Department of Chemistry, University of Michigan, 930 N. University Ave., Ann Arbor, Michigan 48109, USA.
LI-COR Biosciences, 4647 Superior St., Lincoln, Nebraska 68504, USA.
J Chromatogr A. 2022 Aug 30;1679:463389. doi: 10.1016/j.chroma.2022.463389. Epub 2022 Jul 30.

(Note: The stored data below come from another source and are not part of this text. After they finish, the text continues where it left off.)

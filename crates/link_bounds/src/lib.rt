//! Which processors and links cause the bounds of a trace: the least bounds of each from one tick on, found by one
//! backward pass, and their text.
#![tactic(auto)]

mod bounds;
mod copies;
mod links;
mod paces;
mod passes;
mod row_texts;
mod rows;

pub use bounds::LeastBound;
pub use passes::bound_rows;
pub use row_texts::bounds_text_of;
pub use rows::BoundRow;
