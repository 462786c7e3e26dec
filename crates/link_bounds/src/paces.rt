//! How slow each processor is: the gaps between its steps, going back over a trace.

ghost use Rattle.std.specs.Prelude.{◌≡◌, ◌+◌, ◌-◌, ◌<◌, ◌≤◌, length, slice_index, [], IfOk, OnOk};
ghost use Rattle.step_trace.specs.declared.traces.TheConstants.{MAX_TICKS};
ghost use Rattle.step_trace.specs.Processors.{IsWithin};
ghost use Rattle.link_bounds.specs.declared.links.TheConstants.{RECEIVERS};
ghost use Rattle.link_bounds.specs.Passes.{KnowsPacesFrom, ListsBefore};
ghost use Rattle.link_bounds.specs.KnownGaps.{KnowsPaces, bound_from};

use crate::bounds::LeastBound;
use crate::copies::copies;
use crate::rows::BoundRow;
use std::alloc::{AllocError, Global};
use step_trace::{Gap, ProcSet, Trace, step_of};

/// What is known of the gaps of each processor after a step.
#[derive(Debug, Drop)]
pub(crate) struct Paces {
    // For each processor the tick of its next step: one after the last if there is none. The entry of number 0, which
    // is no processor, is 0.
    next_steps: Vec<u64>,
    // For each processor the bound that its gaps from its next step on leave possible.
    bounds: Vec<LeastBound<Gap>>,
}

impl Paces {
    /// What is known after the last step.
    pub(crate) fn after_all(alloc: Global, trace: &Trace) -> Result<Self, AllocError>
        ensures { IfOk result (λ paces. KnowsPaces trace.now (length trace.now.steps) paces) }
    {
        let processors = trace.config().n() as usize + 1;
        let mut next_steps = copies(alloc, trace.last_tick() + 1, processors)?;
        next_steps[0] = 0;
        Ok(Paces {
            next_steps,
            bounds: copies(alloc, LeastBound::without_evidence(), processors)?,
        })
    }

    /// Goes back over a step.
    pub(crate) fn step_back(&mut self, trace: &Trace, no: u64)
        requires low { 1 ≤ no }
        requires high { no ≤ length trace.now.steps }
        requires known { KnowsPaces trace.now no self.old }
        ensures { KnowsPaces trace.now (no - 1) self.new }
    {
        let proc = step_of(trace, no).proc;
        let tick = trace.tick(no);
        self.bounds[proc as usize] = self.bound_from(proc, tick + 1);
        self.next_steps[proc as usize] = tick;
    }

    /// The bound of a processor, with the gap from tick `from` to before its next step.
    pub(crate) fn bound_from(&self, proc: u64, from: u64) -> LeastBound<Gap>
        requires proc { proc < length self.now.bounds.items }
        requires next { proc < length self.now.next_steps.items }
        requires limit { slice_index self.now.next_steps.items proc ≤ MAX_TICKS + 1 }
        requires from { 1 ≤ from }
        ensures { result ≡ bound_from self.now proc from }
    {
        let until = self.next_steps[proc as usize];
        let mut bound = self.bounds[proc as usize];
        let gap = Gap {
            proc,
            from,
            to: until.saturating_sub(1),
        };
        bound.note(gap, until.saturating_sub(from));
        bound
    }

    /// Pushes the row of each member, from the tick back to which the steps are scanned.
    pub(crate) fn push_rows(
        &self,
        trace: &Trace,
        set: ProcSet,
        at: u64,
        rows: &mut Vec<BoundRow>,
    ) -> Result<(), AllocError>
        requires within { IsWithin set trace.now.config.n }
        requires start { 1 ≤ at }
        requires end { at ≤ trace.now.last + 1 }
        requires known { KnowsPacesFrom trace.now at self.now }
        requires none { rows.old.items ≡ [] }
        ensures { OnOk result (ListsBefore set trace.now at RECEIVERS rows.new.items) }
    {
        for proc in 1..trace.config().n() + 1 {
            if set.contains(proc) {
                let bound = self.bound_from(proc, at);
                rows.push(BoundRow::Phi { proc, bound })?;
            }
        }
        Ok(())
    }
}
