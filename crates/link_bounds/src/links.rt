//! How late the messages of each processor to each other are: their misses, going back over a trace.

ghost use Rattle.std.specs.Prelude.{◌≡◌, ℕ, ◌-◌, ◌/◌, ◌%◌, ◌≤◌, length, IfOk, OnOk};
ghost use Rattle.step_trace.specs.declared.processors.TheConstants.{MAX_MEMBER};
ghost use Rattle.step_trace.specs.declared.configurations.TheConstants.{MAX_PROCESSORS};
ghost use Rattle.step_trace.specs.Processors.{IsWithin};
ghost use Rattle.step_trace.specs.Ticks.{IsTimed, IsTrace};
ghost use Rattle.step_trace.specs.Traces.{Recorded};
ghost use Rattle.suffix_staircase.specs.Receives.{IsLastMissByNumber};
ghost use Rattle.link_bounds.specs.Passes.{KnowsLinksFrom, ListsBefore};
ghost use Rattle.link_bounds.specs.Rows.{AreRows};
ghost use Rattle.link_bounds.specs.KnownMisses.{KnowsLinks, place_of};

use crate::bounds::LeastBound;
use crate::copies::copies;
use crate::rows::BoundRow;
use std::alloc::{AllocError, Global};
use step_trace::{MAX_MEMBER, Miss, ProcSet, Trace, receiver, step_of};

/// How many places a sender has: one for each receiver, and one for number 0, which is no processor.
pub(crate) const RECEIVERS: u64 = MAX_MEMBER + 1;

/// What is known of the messages of each link after a step.
#[derive(Debug, Drop)]
pub(crate) struct Links {
    // For each sender and receiver the bound that the misses of their messages leave possible, if there is a message.
    bounds: Vec<Option<LeastBound<Miss>>>,
}

impl Links {
    /// What is known after the last step.
    pub(crate) fn after_all(alloc: Global, trace: &Trace) -> Result<Self, AllocError>
        ensures { IfOk result (λ links. (set : ℕ)
            → KnowsLinks set trace.now (length trace.now.steps) links) }
    {
        let senders = trace.config().n() + 1;
        let places = senders * RECEIVERS;
        Ok(Links {
            bounds: copies(alloc, None, places as usize)?,
        })
    }

    /// Goes back over a step, whose message the Receive of number `missed` is the last to miss.
    pub(crate) fn step_back(&mut self, trace: &Trace, set: ProcSet, no: u64, missed: u64)
        requires low { 1 ≤ no }
        requires high { no ≤ length trace.now.steps }
        requires within { IsWithin set trace.now.config.n }
        requires sound { IsTrace trace.now }
        requires missed { IsLastMissByNumber set trace.now.steps no missed }
        requires known { KnowsLinks set trace.now no self.old }
        ensures { KnowsLinks set trace.now (no - 1) self.new }
    {
        let Some(to) = receiver(trace, set, no) else {
            return;
        };
        let from = step_of(trace, no).proc;
        let place = place_of(from, to);
        let mut bound = self.bounds[place].unwrap_or(LeastBound::without_evidence());
        let long = trace.tick_at(missed).saturating_sub(trace.tick(no));
        bound.note(Miss { sent: no, missed }, long);
        self.bounds[place] = Some(bound);
    }

    /// Pushes the row of each link that has a message, after those of processors.
    pub(crate) fn push_rows(&self, rows: &mut Vec<BoundRow>) -> Result<(), AllocError>
        ensures { (set : ℕ) (trace : Recorded) (at : ℕ) → IsTimed trace
            → IsWithin set trace.config.n → KnowsLinksFrom set trace at self.now
            → ListsBefore set trace at RECEIVERS rows.old.items
            → OnOk result (AreRows set trace at rows.new.items) }
    {
        for place in 0..self.bounds.len() {
            if let Some(bound) = self.bounds[place] {
                rows.push(row_at(place as u64, bound))?;
            }
        }
        Ok(())
    }
}

/// The row of the link whose bound is at this place.
fn row_at(place: u64, bound: LeastBound<Miss>) -> BoundRow
    ensures { result ≡ BoundRow.Delta (place / RECEIVERS) (place % RECEIVERS) bound }
{
    BoundRow::Delta {
        from: place / RECEIVERS,
        to: place % RECEIVERS,
        bound,
    }
}

/// Where the bound of a link is.
fn place_of(from: u64, to: u64) -> usize
    requires from { from ≤ MAX_PROCESSORS }
    requires to { to ≤ MAX_MEMBER }
    ensures { result ≡ place_of from to }
{
    (from * RECEIVERS + to) as usize
}
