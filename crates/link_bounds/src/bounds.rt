//! A least bound, which grows with the evidence against smaller ones.

ghost use Rattle.std.specs.Prelude.{◌≡◌, ◌≤◌, None};
ghost use Rattle.step_trace.specs.declared.traces.TheConstants.{MAX_TICKS};

/// The least positive bound that all evidence of one kind leaves possible, in ticks, and the evidence against each
/// smaller one: none at 1.
#[derive(Clone, Copy, Debug, PartialEq, Eq)]
pub struct LeastBound<E> {
    pub least: u64,
    pub witness: Option<E>,
}

impl<E: Copy> LeastBound<E> {
    ghost use Rattle.link_bounds.specs.Evidence.{noted};

    /// The bound if there is no evidence.
    pub(crate) fn without_evidence() -> Self
        ensures { result ≡ record { least = 1; witness = None } }
    {
        LeastBound {
            least: 1,
            witness: None,
        }
    }

    /// Takes evidence of this length, in ticks, into the bound, if it allows none so long.
    pub(crate) fn note(&mut self, evidence: E, long: u64)
        requires { long ≤ MAX_TICKS }
        ensures { self.new ≡ noted self.old evidence long }
    {
        if self.least <= long {
            self.least = long + 1;
            self.witness = Some(evidence);
        }
    }
}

Traditional Western blots are commonly used to separate and assay proteins; however, they have limitations including a long, cumbersome process and large sample requirements. Here, we describe a system for Western blotting where capillary gel electrophoresis is used to separate sodium dodecyl sulfate-protein complexes. The capillary outlet is threaded into a piezoelectric inkjetting head that deposits the separated proteins in a quasi-continuous stream of <100 pL droplets onto a moving membrane. Through separations at 400 V/cm and protein capture on a membrane moving at 2 mm/min, we are able to detect actin with a limit of detection at 8 pM, or an estimated 5 fg injected. Separation and membrane capture of sample containing 10 proteins ranging in molecular weights from 11 - 250 kDa was achieved in 15 min. The system was demonstrated with Western blots for actin, β-tubulin, ERK1/2, and STAT3 in human A431 epidermoid carcinoma cell lysate.
传统的 Western blot 常用于分离和检测蛋白质;然而,它们存在一些局限性,包括冗长而繁琐的过程和大量的样品需求。在这里,我们描述了一种 Western blot 系统,其中毛细管凝胶电泳用于分离十二烷基硫酸钠-蛋白质复合物。毛细管出口被插入到压电喷墨打印头中,将分离的蛋白质以 100 pL 以下的近乎连续的液滴流沉积到移动的膜上。通过在 400 V/cm 下进行分离,以及以 2 mm/min 的速度移动的膜上的蛋白质捕获,我们能够以 8 pM 的检测限检测肌动蛋白,或估计注入的 5 fg。在 15 分钟内实现了 10 种分子量为 11-250 kDa 的蛋白质的分离和膜捕获。该系统通过人 A431 表皮样癌细胞裂解物中的肌动蛋白、β-微管蛋白、ERK1/2 和 STAT3 的 Western blot 进行了演示。